• _TASK GOAL_
Below are records; give the number of their lines that hold the word "notes", and write nothing more.

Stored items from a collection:
==============================
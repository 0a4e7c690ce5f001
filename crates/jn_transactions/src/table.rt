//! The transactions of a coordinator.

ghost use Rattle.std.specs.Prelude.{◌≡◌, not, true, ◌&&◌, [], ◌∷◌, ◌++◌, IfOk, IfErr, vec_capacity};
ghost use Rattle.std.specs.Option.{option_copied};
ghost use Rattle.jn_rows.specs.Coordinator as rows;
ghost use Rattle.jn_base.specs.declared.fault.CallFault.TheVariants.{Memory};
ghost use Rattle.jn_transactions.specs.Listed.{transaction_place};
ghost use Rattle.jn_transactions.specs.Stages.{is_aborted, ready_in};

use crate::faults::CoordFault;
use jn_base::{RequestNo, Tid, WorkId};
use jn_msgs::Works;
use jn_rows::{Committed, Stage, Transaction, Voting};
use std::alloc::{AllocError, Global};

/// The place of a transaction.
fn transaction_place(transactions: &[Transaction], tid: Tid) -> Option<usize>
    ensures { result ≡ transaction_place tid transactions.now }
{
    for i in 0..transactions.len() {
        if transactions[i].tid == tid {
            return Some(i);
        }
    }
    None
}

pub fn find(transactions: &[Transaction], tid: Tid) -> Option<&Transaction>
    ensures { option_copied result ≡ rows.transaction_at tid transactions.now }
{
    for transaction in transactions {
        if transaction.tid == tid {
            return Some(transaction);
        }
    }
    None
}

/// A transaction comes to another stage.
#[tactic(auto, using(crate::proofs::Tables::staged_at, crate::proofs::Tables::staged_none, crate::proofs::Tables::place_within))]
pub fn set_stage(transactions: &mut [Transaction], tid: Tid, stage: Stage)
    ensures { transactions.new ≡ rows.with_stage tid stage transactions.old }
{
    if let Some(i) = transaction_place(transactions, tid) {
        transactions[i].stage = stage;
    }
}

/// A transaction goes.
#[tactic(auto, using(crate::proofs::Tables::removed_at, crate::proofs::Tables::removed_none, crate::proofs::Tables::place_within))]
pub fn remove(transactions: &mut Vec<Transaction>, tid: Tid)
    ensures items { transactions.new.items ≡ rows.without tid transactions.old.items }
    ensures capacity { vec_capacity transactions.new ≡ vec_capacity transactions.old }
{
    if let Some(i) = transaction_place(transactions, tid) {
        transactions.remove(i);
    }
}

/// Whether a work is one of these.
pub fn is_work(work: WorkId, works: &[WorkId]) -> bool
    ensures { result ≡ rows.is_work work works.now }
{
    for other in works {
        if *other == work {
            return true;
        }
    }
    false
}

/// Whether each of the first is one of the second.
pub fn all_in(works: &[WorkId], others: &[WorkId]) -> bool
    ensures { result ≡ rows.all_in works.now others.now }
{
    for work in works {
        if !is_work(*work, others) {
            return false;
        }
    }
    true
}

/// The works of the first list that the second doesn't have.
pub fn besides(
    alloc: Global,
    works: &[WorkId],
    others: &[WorkId],
) -> Result<Vec<WorkId>, CoordFault>
    ensures ok { IfOk result (λ left. left.items ≡ rows.besides works.now others.now) }
    ensures memory { IfErr result (λ fault. fault ≡ Memory) }
{
    let mut left = Vec::new(alloc);
    for work in works {
        if !is_work(*work, others) {
            if left.push(*work).is_err() {
                return Err(CoordFault::Memory);
            }
        }
    }
    Ok(left)
}

pub fn is_voting(stage: &Stage) -> bool
    ensures { result ≡ rows.is_voting stage.now }
{
    matches!(stage, Stage::Voting(_))
}

pub fn is_aborted(stage: &Stage) -> bool
    ensures { result ≡ is_aborted stage.now }
{
    matches!(stage, Stage::Aborted(_))
}

pub fn copy_of(alloc: Global, works: &Works) -> Result<Works, AllocError>
    ensures { IfOk result (λ copy. copy ≡ works.now) }
{
    Ok(Works::from_vec(works.as_slice().to_vec(alloc)?))
}

/// The works with one more.
fn copy_with(alloc: Global, works: &Works, work: WorkId) -> Result<Works, AllocError>
    ensures { IfOk result (λ copy. copy ≡ works.now ++ work ∷ []) }
{
    let mut copy = copy_of(alloc, works)?;
    copy.push(work)?;
    Ok(copy)
}

/// A committed transaction of which one more work is carried out.
pub fn one_more_done(alloc: Global, d: &Committed, work: WorkId) -> Result<Committed, CoordFault>
    ensures ok { IfOk result (λ new. new ≡ record d.now { done = d.now.done ++ work ∷ [] }) }
    ensures memory { IfErr result (λ fault. fault ≡ Memory) }
{
    Ok(Committed {
        works: copy_of(alloc, &d.works)?,
        done: copy_with(alloc, &d.done, work)?,
        thanked: d.thanked,
    })
}

/// A committed transaction whose client knows of it.
pub fn known_of(alloc: Global, d: &Committed) -> Result<Committed, CoordFault>
    ensures ok { IfOk result (λ new. new ≡ record d.now { thanked = true }) }
    ensures memory { IfErr result (λ fault. fault ≡ Memory) }
{
    Ok(Committed {
        works: copy_of(alloc, &d.works)?,
        done: copy_of(alloc, &d.done)?,
        thanked: true,
    })
}

/// A ballot with one more work that is ready.
pub fn one_more_ready(alloc: Global, ballot: &Voting, work: WorkId) -> Result<Voting, CoordFault>
    ensures ok { IfOk result (λ new. new ≡ record ballot.now { ready = rows.with_work work ballot.now.ready }) }
    ensures memory { IfErr result (λ fault. fault ≡ Memory) }
{
    let ready = if is_work(work, ballot.ready.as_slice()) {
        copy_of(alloc, &ballot.ready)?
    } else {
        copy_with(alloc, &ballot.ready, work)?
    };
    Ok(Voting {
        request: ballot.request,
        works: copy_of(alloc, &ballot.works)?,
        ready,
    })
}

/// Whether all is over: every work is carried out, and the client knows.
pub fn is_over(d: &Committed) -> bool
    ensures { result ≡ (d.now.thanked && rows.all_in d.now.works d.now.done) }
{
    d.thanked && all_in(d.works.as_slice(), d.done.as_slice())
}

/// Whether a work is one of its own that isn't carried out.
pub(crate) fn is_awaited(d: &Committed, work: WorkId) -> bool
    ensures { result ≡ (rows.is_work work d.now.works && not (rows.is_work work d.now.done)) }
{
    is_work(work, d.works.as_slice()) && !is_work(work, d.done.as_slice())
}

/// The works of the first list, and then those of the second that it doesn't have.
pub fn union(alloc: Global, works: &[WorkId], others: &[WorkId]) -> Result<Vec<WorkId>, CoordFault>
    ensures ok { IfOk result (λ all. all.items ≡ works.now ++ rows.besides others.now works.now) }
    ensures memory { IfErr result (λ fault. fault ≡ Memory) }
{
    let mut all = works.to_vec(alloc)?;
    let new = besides(alloc, others, works)?;
    all.extend_from_slice(&new)?;
    Ok(all)
}

/// Whether a work of a ballot is ready.
pub fn is_ready(stage: &Stage, work: WorkId) -> bool
    ensures { result ≡ ready_in stage.now work }
{
    match stage {
        Stage::Voting(ballot) => is_work(work, ballot.ready.as_slice()),
        _ => false,
    }
}

/// The ballot of works of which none is ready.
pub fn new_ballot(alloc: Global, request: RequestNo, works: &Works) -> Result<Voting, CoordFault>
    ensures ok { IfOk result (λ new. new ≡ record { request = request; works = works.now; ready = [] }) }
    ensures memory { IfErr result (λ fault. fault ≡ Memory) }
{
    Ok(Voting {
        request,
        works: copy_of(alloc, works)?,
        ready: Works::from_vec(Vec::new(alloc)),
    })
}
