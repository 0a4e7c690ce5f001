//! A coordinator's transactions as a list, in rising order of their names.
//!
//! `table` looks one up, brings it to another stage or lets it go, and notes votes, works carried out and thanks on
//! copies; `sending` tells works and clients of them; `closing` finds those that go once their client has gone on;
//! `restoring` lists those of the flags that a restart finds. Each result is what the coordinator's rows in `jn_rows`, or
//! the definitions in `specs/`, say of the same list. A call that fails has no memory for it, and may have sent a part of
//! what it was to send.
#![tactic(auto)]

mod closing;
mod faults;
mod restoring;
mod sending;
mod table;

pub use closing::{begin_again, count_left, is_committed, know_all, next_closing};
pub use faults::CoordFault;
pub use restoring::transactions_of;
pub use sending::{
    note, send, send_drops, send_outcome, send_prepares, tell_abort, tell_all_again, tell_commit,
    tell_not_known, tell_work,
};
pub use table::{
    all_in, besides, copy_of, find, is_aborted, is_over, is_ready, is_voting, is_work, known_of,
    new_ballot, one_more_done, one_more_ready, remove, set_stage, union,
};
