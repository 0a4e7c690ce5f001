//! The transactions of a client that goes on to another one.
ghost use Rattle.std.specs.Prelude.{◌≡◌};
ghost use Rattle.std.specs.Option.{option_copied};
ghost use Rattle.jn_base.specs.declared.names.Tickets.{Tickets};
ghost use Rattle.jn_rows.specs.Coordinator as rows;
ghost use Rattle.jn_rows.specs.Coordinator.{CoordinatorTable, is_committed};
ghost use Rattle.jn_transactions.specs.Stages.{goes, is_decided};
ghost use Rattle.jn_transactions.specs.Telling.{Adds};
ghost use Rattle.jn_transactions.specs.Closing.{is_of, takes_part, known, knowing, next_closing, tid_in, left_of, count_left};

use crate::faults::CoordFault;
use crate::sending::{note, send};
use crate::table::all_in;
use jn_base::{ClientNo, Party, RequestNo, Tid};
use jn_msgs::{Message, Note, Out};
use jn_rows::{Stage, Transaction};

/// Whether a transaction goes once its client has gone on.
fn goes(stage: &Stage) -> bool
    ensures { result ≡ goes stage.now }
{
    match stage {
        Stage::Committed(d) => all_in(d.works.as_slice(), d.done.as_slice()),
        _ => true,
    }
}

pub fn is_committed(stage: &Stage) -> bool
    ensures { result ≡ is_committed stage.now }
{
    matches!(stage, Stage::Committed(_))
}

fn is_decided(stage: &Stage) -> bool
    ensures { result ≡ is_decided stage.now }
{
    matches!(stage, Stage::Committed(_) | Stage::Aborted(_))
}

/// Whether a transaction goes where a client goes on; or, with none named, where every client knows its outcomes.
fn takes_part(x: &Transaction, who: Option<ClientNo>) -> bool
    ensures { result ≡ takes_part who x.now }
{
    match who {
        Some(client) => x.client == client && goes(&x.stage),
        None => is_decided(&x.stage) && goes(&x.stage),
    }
}

/// The first transaction that goes.
pub fn next_closing(transactions: &[Transaction], who: Option<ClientNo>) -> Option<&Transaction>
    ensures { option_copied result ≡ next_closing who transactions.now }
{
    for x in transactions {
        if takes_part(x, who) {
            return Some(x);
        }
    }
    None
}

/// 1 for a transaction that is left once a client's transactions are closed.
fn left_of(x: &Transaction, client: ClientNo) -> usize
    ensures { result ≡ left_of client x.now }
{
    if x.client == client && goes(&x.stage) {
        return 0;
    }
    1
}

/// How many transactions are left once a client's are closed.
#[tactic(auto, using(crate::proofs::Closings::left_one))]
pub fn count_left(transactions: &[Transaction], client: ClientNo) -> usize
    ensures { result ≡ count_left client transactions.now }
{
    let mut left = 0;
    for x in transactions {
        left += left_of(x, client);
    }
    left
}

fn is_of(client: ClientNo, who: Option<ClientNo>) -> bool
    ensures { result ≡ is_of who client }
{
    match who {
        Some(other) => client == other,
        None => true,
    }
}

/// Its client knows of a transaction, where it is one that does.
fn know(x: &mut Transaction, who: Option<ClientNo>)
    ensures { x.new ≡ known who x.old }
{
    if !is_of(x.client, who) {
        return;
    }
    if let Stage::Committed(d) = &mut x.stage {
        d.thanked = true;
    }
}

/// A client knows of its transactions, or every client does.
#[tactic(auto, using(crate::proofs::Closings::known_at, crate::proofs::Closings::known_end))]
pub fn know_all(transactions: &mut [Transaction], who: Option<ClientNo>)
    ensures { transactions.new ≡ knowing who transactions.old }
{
    for i in 0..transactions.len() {
        know(&mut transactions[i], who);
    }
}

/// The client's transaction that the request began.
fn begun_by(transactions: &[Transaction], client: ClientNo, request: RequestNo) -> Option<Tid>
    ensures { result ≡ tid_in (rows.begun_by client request transactions.now) }
{
    for x in transactions {
        if x.client == client && x.begun == Some(request) {
            return Some(x.tid);
        }
    }
    None
}

/// Answers a Begin that was answered before, while its transaction is live.
pub fn begin_again(
    transactions: &[Transaction],
    client: ClientNo,
    request: RequestNo,
    out: &mut Out,
) -> Result<(), CoordFault>
    ensures { (t : CoordinatorTable) (k : Tickets)
        → Adds (rows.begin_again t k client request (rows.begun_by client request transactions.now)).messages (rows.begin_again t k client request (rows.begun_by client request transactions.now)).notes out.old result out.new }
{
    let Some(tid) = begun_by(transactions, client, request) else {
        return note(out, Note::Ignored);
    };
    let begun = Message::Begun(client, request, Some(tid));
    send(out, Party::Client(client), begun)
}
==============================
• _ANSWER SECTION_
2